Raved about practically before they'd played a show, much less released any music, they're exactly the sort of band we should be cynical about; too many dreadful groups in the past have been foisted on us by the hype machine before we've had time to think.

The Drums are not dreadful. Far from it: they make elegant, reedy indie pop in the grand tradition of puny British bands of yore (the Eighties). Sometimes they seem a bit like a Smiths covers band and sometimes they seem a bit like a pastiche of Orange Juice. Without their obvious conviction they'd be laughed out of town, but they come off as totally legitimate, if a bit wet.

Live, however, they're something else. Frontman Jonathan Pierce sweeps onto the stage some time after the rest of his band have launched in the first song. Immediately, he's twirling like Morrissey robbed of his gladioli, and feyly if energetically humping the mic stand. This kind of behaviour continues throughout the show, as he pouts and struts and flexes across the stage, making a spectacle of himself.

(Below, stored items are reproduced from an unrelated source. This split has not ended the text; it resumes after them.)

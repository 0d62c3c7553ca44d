//! Laws of polynomials taken at moved points and along rays. Each function does nothing; its contract is the law.

ghost use Rattle.std.specs.Prelude.{◌≡◌, ℕ, ◌%◌, ◌≤◌, Bool, List, IsTrue, slice_index};
ghost use Rattle.poly_maps.specs.Mono.{HasEight};
ghost use Rattle.poly_maps.specs.Polynomial.{coefficient, value_at, Supported};
ghost use Rattle.poly_maps.specs.Moved.{point_sum, scaled, moved, graded};
ghost use Rattle.poly_maps.specs.Shifted.{negatives, IsLower};
ghost use Rattle.poly_maps.specs.Bound.{IsWithin};
ghost use Rattle.univariate.specs.Univariate.{univariate_value};
ghost use Rattle.poly_maps.specs.declared.bound.Bound.{Bound};

/// The value of the moved polynomial is that of the polynomial at the moved point.
pub fn moved_value()
    ensures { (s y : List ℕ) (p : List (List ℕ × ℕ)) → value_at (moved s p) y ≡ value_at p (point_sum y s) }
{}

/// Moving raises no degree: neither the total one nor that in a variable; and it keeps to
/// every set of monomials that has, with a monomial, those with no greater exponent anywhere.
pub fn moved_degrees()
    ensures bound { (b : Bound) (s : List ℕ) (p : List (List ℕ × ℕ)) → IsWithin b p → IsWithin b (moved s p) }
    ensures lower { (test : List ℕ → Bool) (s : List ℕ) (p : List (List ℕ × ℕ)) → IsLower (λ e. IsTrue (test e)) →
        Supported (λ e. IsTrue (test e)) p → Supported (λ e. IsTrue (test e)) (moved s p) }
{}

/// Moved by a point's negatives and then by the point, or the other way round, a polynomial has the coefficients that
/// it had. It holds at every modulus.
pub fn moved_there_and_back()
    ensures forth { (m : ℕ) (s : List ℕ) (p : List (List ℕ × ℕ)) → Supported HasEight p → ((k : ℕ) → slice_index s k ≤ m) →
        (e : List ℕ) → coefficient e (moved s (moved (negatives m s) p)) % m ≡ coefficient e p % m }
    ensures back { (m : ℕ) (s : List ℕ) (p : List (List ℕ × ℕ)) → Supported HasEight p → ((k : ℕ) → slice_index s k ≤ m) →
        (e : List ℕ) → coefficient e (moved (negatives m s) (moved s p)) % m ≡ coefficient e p % m }
{}

/// Numbers that are modulo m the values at `g` of the terms of each degree, in the polynomial moved by `s`, are the
/// coefficients of the polynomial along the ray from `s` through `g`.
pub fn ray_value()
    ensures { (m : ℕ) (p : List (List ℕ × ℕ)) (s g r : List ℕ) → ((k : ℕ) → slice_index r k ≡ value_at (graded k (moved s p)) g % m) →
        (t : ℕ) → univariate_value r t % m ≡ value_at p (point_sum s (scaled t g)) % m }
{}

The music, and his voice, are much more powerful tonight. It doesn't sound like the C86 jangle-pop of their recorded output, it's too vibrant and too vigorous. It hardly seems to be the same band playing at all, in fact. Perhaps in lesser hands, all this carrying on would be laughable. Perhaps it still is, but flanked as he is by similarly shimmying guitarists, it looks so much like he means his every daft prance that it hangs together. It's quite a surprise, actually. To look at them in their moody press shots, you wouldn't expect them to be this camply animated. It's refreshing when your cynicism turns out unfounded.